My big overarching goal is to make as much of openplans accessible to external developers as possible. I’m dogfooding here, since as a new intern I’m essentially in the position of an “external developer” coming in, only with the more-relaxed time and space required to document and improve the process since I’m not pressed to start fixing bugs as soon as possible. They usually give interns Barrett-2* problems, and my project falls into that category. (I say “usually” because I’m either the second or third intern ever, or… in any case, numbered low enough to count on one hand without using binary.)
* from Prof. Dave Barrett, Olin’s SCOPE (senior engineering capstone) program coordinator. Barrett-1 problems are mission-critical, live-or-die ones. Barrett-3 problems are ones that don’t matter at all. Barrett-2 problems are ones that would be super-helpful to solve, but aren’t in the critical path of deployment, and which consequently none of the normal employees has time to do.
This is kind of silly, but I love the free lunches, which are usually large enough that I don’t have to eat dinner as well. Really nice perk, and it means I’m eating much better than I would otherwise (when I make my own food, I eat the cheapest stuff I can get that’s vaguely nutritional, meaning bowls of vegetables and rice and beans which aren’t too tasty). This week we went to a nearby burrito place, and I got a huge, steaming beauty the size of a small infant, slathered with two types of salsa, guacamole, and sour cream. The day before that was Indian food. I am stunned at the prices New York restaurants manage to charge.

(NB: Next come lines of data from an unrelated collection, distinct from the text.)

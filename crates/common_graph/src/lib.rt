//! floor, base: directed graphs, and a rank for each node or the least cycle.
//!
//! A graph has fewer than 2^31 nodes and a row of bits for each. Its verdict is either a rank for each node,
//! which shows that no steps form a cycle, or the least cycle.
//!
//! It depends on `common_values`. Its contract: `verdict_of` returns the ranks if and only if no steps form a
//! cycle, and otherwise the least cycle; and a graph has one verdict.
//!
//! Ranks, tiers and levels are slow to find. Heuristics, proved only to be safe, find candidates; a proved pass over
//! all steps checks them; and if the check fails, a slow proved method finds them instead. Tiers are a number for each
//! node that no step lowers, so a node on a cycle leads to one of its own tier. Levels are lower bounds of the number
//! of steps to a start.
#![tactic(auto)]

pub mod bits;
mod cycle;
pub mod graph;
pub mod law;
mod level;
mod rank_walk;
pub mod ranks;
mod rising;
mod table;
mod tier_walk;
pub mod verdict;
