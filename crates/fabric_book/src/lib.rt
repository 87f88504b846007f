//! Of autonet, in spite of its name: autonet, runs: the event log and state of the simulated network.
//! A book keeps the whole history for the callers that take turns at it. A `Net` is a network on one thread: a book
//! together with its switches.
//!
//! It depends on `net_state`, whose calls make the changes, on `net_world`, which defines what a history makes of a
//! network, and on `fabric_turn` for what a book is to its callers. Its contract: a `Book` is a script and a
//! history; each call appends at most one event, which is lawful, and returns what the world after the history has.
//! A `Net` makes each lawful event, whoever chooses it, and reports its lines. After its creation no call of a book
//! allocates.
#![tactic(auto)]

pub mod account;
pub mod book;
pub mod handling;
pub mod lines;
pub mod net;
pub mod power;
pub mod solo;
pub mod telling;
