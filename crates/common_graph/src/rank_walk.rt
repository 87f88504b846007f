//! Candidate ranks, by depth-first search with a path on the heap. A node gets its rank after all that it leads to.

use crate::graph::Graph;
use crate::table::{filled, put, value_of};
use common_values::memory::OutOfMemory;
use std::alloc::Global;

// What stands for a rank: FRESH until a walk comes to the node, OPEN while the node is on its path.
const FRESH: u32 = u32::MAX;

const OPEN: u32 = u32::MAX - 1;

// A node on the path of a walk in depth, the number from which on it has still to look at what the
// node leads to, and the rank of the node by what comes before.
#[derive(Clone, Copy)]
struct Visit {
    node: usize,
    from: usize,
    rank: u32,
}

// What a node leads to.
#[derive(Clone, Copy)]
enum Ahead {
    // A node that no walk has come to.
    Fresh(usize),
    // One that is on the path.
    Open,
    // Nodes that have their ranks.
    Ranked,
}

impl Visit {
    fn at(node: usize) -> Visit {
        Visit {
            node,
            from: 0,
            rank: 0,
        }
    }

    // Looks on at what the node leads to, as far as this has ranks.
    fn look_on(&mut self, graph: &Graph, ranks: &[u32]) -> Ahead {
        let node = self.node;
        let mut rank = self.rank;
        let mut cursor = graph.cursor(node, self.from);
        'steps: while let Some(next) = graph.advance(node, &mut cursor) {
            let lower = value_of(ranks, next);
            if lower == OPEN {
                return Ahead::Open;
            }
            if lower == FRESH {
                self.from = next;
                self.rank = rank;
                return Ahead::Fresh(next);
            }
            rank = rank.max(lower + 1);
        }
        self.rank = rank;
        Ahead::Ranked
    }
}

// Walks in depth from a node. Answers whether no step led back to the path, which is a room for the
// nodes on the way.
fn walk(
    graph: &Graph,
    ranks: &mut [u32],
    path: &mut Vec<Visit>,
    start: usize,
) -> Result<bool, OutOfMemory> {
    let mut visit = Visit::at(start);
    put(ranks, start, OPEN);
    'visits: for _ in 0..u64::MAX {
        match visit.look_on(graph, ranks) {
            Ahead::Open => return Ok(false),
            Ahead::Fresh(next) => {
                path.push(visit)?;
                visit = Visit::at(next);
                put(ranks, next, OPEN);
            }
            Ahead::Ranked => {
                put(ranks, visit.node, visit.rank);
                let Some(last) = path.pop() else {
                    return Ok(true);
                };
                visit = last;
            }
        }
    }
    Ok(true)
}

/// Returns the ranks of all nodes, or `None` if a step was found that closes a cycle.
///
/// No contract says so, but the caller checks the result. It visits each step once or twice, in
/// depth-first searches from all nodes.
///
/// # Errors
/// `OutOfMemory` if an allocation fails.
pub fn guess_ranks(alloc: Global, graph: &Graph) -> Result<Option<Vec<u32>>, OutOfMemory> {
    let count = graph.count();
    let mut ranks = filled(alloc, count, FRESH)?;
    let mut path = Vec::new(alloc);
    'nodes: for node in 0..count {
        let is_fresh = value_of(&ranks, node) == FRESH;
        if is_fresh && !walk(graph, &mut ranks, &mut path, node)? {
            return Ok(None);
        }
    }
    Ok(Some(ranks))
}
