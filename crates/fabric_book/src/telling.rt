//! The lines that report what a switch does.

ghost use Rattle.std.specs.Prelude.{◌≡◌, ◌==◌, ◌++◌, not, OnOk};
ghost use Rattle.std.specs.List.{flat_map};
ghost use Rattle.port_monitor.specs.Histories.{externals};
ghost use Rattle.switch_core.specs.Switch.{SwitchOf, finish_of};
ghost use Rattle.switch_core.specs.Kept.{StandsFor};
ghost use Rattle.net_state.specs.PortStates.{state_code};
ghost use Rattle.net_state.specs.declared.line.Line.TheVariants as line;
ghost use Rattle.net_world.specs.Lines.{finish_line, port_line};
ghost use Rattle.fabric_book.specs.Told.{line_if, noise_lines};

use crate::lines::Lines;
use an_base::limits::LAST_PORT;
use an_base::place::Place;
use an_base::port::{Note, Port, PortState, PortView};
use common_values::memory::OutOfMemory;
use net_state::hand::Hand;
use net_state::line::Line;
use switch_core::switch::Switch;

// Reports whether two states are equal.
fn is_same_state(one: PortState, other: PortState) -> bool
    ensures { result ≡ (state_code one == state_code other) }
{
    one == other
}

/// Adds a line if the state of a port changed.
pub(crate) fn tell_port(
    s: Place,
    port: Port,
    old: PortView,
    new: PortView,
    lines: &mut Lines,
) -> Result<(), OutOfMemory>
    ensures { OnOk result (lines.new ≡ lines.old
        ++ line_if (not (state_code old.state == state_code new.state)) (line.Port s port new.state new.peer)) }
{
    if is_same_state(old.state, new.state) {
        return Ok(());
    }
    lines.push(Line::Port {
        s,
        port,
        state: new.state,
        peer: new.peer,
    })
}

/// Adds a line for each port whose state changed, in ascending order of port.
pub(crate) fn tell_ports(
    s: Place,
    before: &Note,
    after: &Note,
    lines: &mut Lines,
) -> Result<(), OutOfMemory>
    ensures { OnOk result (lines.new ≡ lines.old ++ flat_map (port_line s before.now after.now) externals) }
{
    'ports: for port in 1..=LAST_PORT {
        let old = before.ports.get(port);
        let new = after.ports.get(port);
        tell_port(s, Port(port), old, new, lines)?;
    }
    Ok(())
}

/// Adds a line if what came in is no frame.
pub(crate) fn tell_noise(
    s: Place,
    hand: Hand,
    noframe: bool,
    lines: &mut Lines,
) -> Result<(), OutOfMemory>
    ensures { OnOk result (lines.new ≡ lines.old ++ noise_lines s hand noframe) }
{
    match hand {
        Hand::Frame { port } => lines.push_if(
            noframe,
            Line::NoFrame {
                s,
                port: Port(port),
            },
        ),
        Hand::Empty | Hand::Clock { now: _, samples: _ } => Ok(()),
    }
}

/// Adds a line if a switch has finished its epoch.
pub(crate) fn tell_finish(
    s: Place,
    epoch: u64,
    switch: &Switch,
    lines: &mut Lines,
) -> Result<(), OutOfMemory>
    ensures { (x : SwitchOf) → StandsFor switch.now x
        → OnOk result (lines.new ≡ lines.old ++ finish_line s epoch (finish_of x)) }
{
    match switch.finish() {
        None => Ok(()),
        Some(topo) => {
            let entries = topo.entries().as_slice();
            let first = &entries[0];
            lines.push(Line::Finish {
                s,
                epoch,
                root: first.position.root,
                members: entries.len() as u8,
            })
        }
    }
}
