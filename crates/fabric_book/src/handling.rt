//! What a switch does with what it has in hand, and with a table that is due.

ghost use Rattle.std.specs.Prelude.{◌≡◌, ◌+◌, ◌<◌, ◌^◌, ◌++◌, false, true, ℕ, List, [], is_some, OnOk, OnErr};
ghost use Rattle.std.specs.List.{flat_map};
ghost use Rattle.an_base.specs.declared.event.Event.TheVariants as events;
ghost use Rattle.net_script.specs.Scripts.{IsScript};
ghost use Rattle.port_monitor.specs.Histories.{externals};
ghost use Rattle.switch_core.specs.Switch.{SwitchOf, finish_of, note_of, started_as};
ghost use Rattle.switch_core.specs.Kept.{IsWorking, StandsFor};
ghost use Rattle.net_state.specs.Fabric.{is_empty};
ghost use Rattle.net_state.specs.Fits.{IsHandPort};
ghost use Rattle.net_state.specs.Lawful.{is_lawful};
ghost use Rattle.net_world.specs.Histories.{fabric_of, with_event, world_of};
ghost use Rattle.net_world.specs.Lines.{finish_lines, join_lines, lines_of, port_line, no_epoch_lines};
ghost use Rattle.net_world.specs.World.{handles};
ghost use Rattle.fabric_book.specs.Nets.{IsHandled, IsSameOrNext, IsSwitchKept};
ghost use Rattle.fabric_book.specs.Told.{hand_lines};

use crate::book::Book;
use crate::lines::Lines;
use crate::telling::{tell_finish, tell_noise, tell_port, tell_ports};
use an_base::place::Place;
use an_base::port::{Note, Port};
use common_values::memory::OutOfMemory;
use net_state::hand::Hand;
use net_state::line::Line;
use net_state::station::write_note;
use switch_core::out::Out;
use switch_core::switch::{ClockRefusal, Switch};

// Makes a switch do what it does with what it has in hand. If memory runs out it is as it was started, and no frame
// goes out.
fn work(switch: &mut Switch, hand: Hand, bytes: &[u8], out: &mut Out) -> Result<(), OutOfMemory>
    requires full { is_empty hand ≡ false }
    requires port { IsHandPort hand }
    requires works { switch.old.works < 2 ^ 28 }
    requires working { IsWorking switch.old }
    ensures start { switch.new.start ≡ switch.old.start }
    ensures works { switch.new.works ≡ switch.old.works + 1 }
    ensures handled { (x : SwitchOf) → StandsFor switch.old x
        → OnOk result (IsHandled x hand bytes.now switch.new out.new) }
    ensures lost { OnErr result (StandsFor switch.new (started_as switch.old.start)) }
    ensures nothing { OnErr result (out.new ≡ record { frames = []; noframe = false }) }
{
    match hand {
        Hand::Empty => unreachable!(),
        Hand::Clock { now, samples } => match switch.clock(u64::from(now), &samples, out) {
            Ok(()) => Ok(()),
            Err(ClockRefusal::EpochsSpent) => Ok(()),
            Err(ClockRefusal::OutOfMemory) => Err(OutOfMemory),
        },
        Hand::Frame { port } => switch.handle(bytes, port, out),
    }
}

// Adds a line for an epoch that the switch joined, one for an epoch that it finished, and one if no epoch is left
// for it.
fn tell_epochs(
    s: Place,
    before: u64,
    had_finished: bool,
    epoch: u64,
    switch: &Switch,
    lines: &mut Lines,
) -> Result<(), OutOfMemory>
    ensures { (old new : SwitchOf) → StandsFor switch.now new → before ≡ old.epoch → epoch ≡ new.epoch
        → had_finished ≡ is_some (finish_of old) → OnOk result (lines.new ≡ lines.old
        ++ join_lines s old new ++ no_epoch_lines s new ++ finish_lines s old new) }
{
    let joined = epoch != before;
    lines.push_if(joined, Line::Join { s, epoch })?;
    lines.push_if(switch.is_spent(), Line::Spent { s })?;
    if joined || !had_finished {
        return tell_finish(s, epoch, switch, lines);
    }
    Ok(())
}

// Updates `note`, which is what the switch showed before it handled what it had in hand, and adds a line for each
// port whose state changed. After a frame this can only be the port by which it came.
fn show(
    switch: &Switch,
    s: Place,
    hand: Hand,
    note: &mut Note,
    room: &mut Note,
    lines: &mut Lines,
) -> Result<(), OutOfMemory>
    requires port { IsHandPort hand }
    ensures note { (x : SwitchOf) (bytes : List ℕ) → StandsFor switch.now (handles hand bytes x).switch
        → note.old ≡ note_of x → note.new ≡ note_of (handles hand bytes x).switch }
    ensures told { (x : SwitchOf) (bytes : List ℕ) → StandsFor switch.now (handles hand bytes x).switch
        → note.old ≡ note_of x → OnOk result (lines.new ≡ lines.old
        ++ flat_map (port_line s (note_of x) (note_of (handles hand bytes x).switch)) externals) }
{
    match hand {
        Hand::Frame { port } => {
            let old = note.ports.get(port);
            switch.show_port(port, note);
            tell_port(s, Port(port), old, note.ports.get(port), lines)
        }
        Hand::Empty | Hand::Clock { now: _, samples: _ } => {
            switch.show(room);
            let told = tell_ports(s, note, room, lines);
            write_note(note, room);
            told
        }
    }
}

/// Makes the switch at `s` handle `hand`, and, if `note` is what it showed before, adds all lines of it except
/// those about frames, and updates `note` to what it now shows. `room` is scratch space for a note.
///
/// The caller must pass a working switch with fewer than 2^28 works, and a hand that is not empty.
///
/// # Errors
/// `OutOfMemory` if an allocation fails. The contents of `out`, `note` and `lines` are then unspecified.
pub fn handle(
    switch: &mut Switch,
    s: Place,
    hand: Hand,
    bytes: &[u8],
    out: &mut Out,
    note: &mut Note,
    room: &mut Note,
    lines: &mut Lines,
) -> Result<(), OutOfMemory>
    requires full { is_empty hand ≡ false }
    requires port { IsHandPort hand }
    requires works { switch.old.works < 2 ^ 28 }
    requires working { IsWorking switch.old }
    ensures start { switch.new.start ≡ switch.old.start }
    ensures works { switch.new.works ≡ switch.old.works + 1 }
    ensures handled { (x : SwitchOf) → StandsFor switch.old x
        → OnOk result (IsHandled x hand bytes.now switch.new out.new) }
    ensures note { (x : SwitchOf) → StandsFor switch.old x → note.old ≡ note_of x
        → OnOk result (note.new ≡ note_of (handles hand bytes.now x).switch) }
    ensures told { (x : SwitchOf) → StandsFor switch.old x → note.old ≡ note_of x
        → OnOk result (lines.new ≡ lines.old ++ hand_lines s hand bytes.now x (handles hand bytes.now x).switch) }
{
    let before = note.epoch;
    let had_finished = switch.finish().is_some();
    work(switch, hand, bytes, out)?;
    show(switch, s, hand, note, room, lines)?;
    tell_noise(s, hand, out.noframe, lines)?;
    tell_epochs(s, before, had_finished, note.epoch, switch, lines)?;
    Ok(())
}

/// Makes the switch at `s` handle what it has in hand, records the result in the book, and adds the lines.
pub(crate) fn handle_at(
    book: &mut Book,
    switch: &mut Switch,
    bytes: &[u8],
    s: Place,
    out: &mut Out,
    note: &mut Note,
    room: &mut Note,
    puts: &mut Vec<Option<Line>>,
    lines: &mut Lines,
) -> Result<(), OutOfMemory>
    requires script { IsScript book.old.script }
    requires lawful { is_lawful (fabric_of book.old) (events.Handle s) ≡ true }
    requires kept { IsSwitchKept (world_of book.old) s switch.old bytes.now }
    ensures came { OnOk result (book.new ≡ with_event (events.Handle s) book.old) }
    ensures kept { OnOk result (IsSwitchKept (world_of book.new) s switch.new bytes.now) }
    ensures told { OnOk result (lines.new ≡ lines.old ++ lines_of (world_of book.old) (events.Handle s)) }
    ensures lost { OnErr result (IsSameOrNext (events.Handle s) book.old book.new) }
{
    let station = book.fabric().station(s);
    let hand = station.hand();
    write_note(note, station.note());
    handle(switch, s, hand, bytes, out, note, room, lines)?;
    let frames = out.frames.as_slice();
    puts.resize(frames.len(), None)?;
    book.handle(s, frames, note, switch.is_spent(), puts.as_mut_slice());
    lines.push_all(puts)
}

/// Makes the switch at `s` load the table that is due, records it in the book, and adds the line.
pub(crate) fn load_at(
    book: &mut Book,
    switch: &mut Switch,
    s: Place,
    lines: &mut Lines,
) -> Result<(), OutOfMemory>
    requires script { IsScript book.old.script }
    requires lawful { is_lawful (fabric_of book.old) (events.Load s) ≡ true }
    requires kept { (buffer : List ℕ) × IsSwitchKept (world_of book.old) s switch.old buffer }
    ensures came { OnOk result (book.new ≡ with_event (events.Load s) book.old) }
    ensures kept { (buffer : List ℕ) → IsSwitchKept (world_of book.old) s switch.old buffer
        → OnOk result (IsSwitchKept (world_of book.new) s switch.new buffer) }
    ensures told { OnOk result (lines.new ≡ lines.old ++ lines_of (world_of book.old) (events.Load s)) }
    ensures lost { OnErr result (IsSameOrNext (events.Load s) book.old book.new) }
{
    let table = switch.load()?;
    let note = switch.note();
    let told = book.load_now(s, table, &note);
    lines.push(told)
}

The space itself is amusing, as I mentioned at the start of this post. It’s in Manhattan and in a former stair factory (there’s still a winch on one loft ceiling) that got turned into 3-4 different apartments, and then our office. One of these former apartments was apparently owned by a shoe designer with an obsession for Greco-Roman interior design, and is rife with figurines of cow heads, ornate tile patterns, gold-painted fixtures, huge plaster figureheads on the walls, and Very Large Ionic Columns proudly lifting up the loft and encircling the neon-blue-lit room. This section of the office is referred to colloquially as the Porn Palace, which makes for interesting room-scheduling emails.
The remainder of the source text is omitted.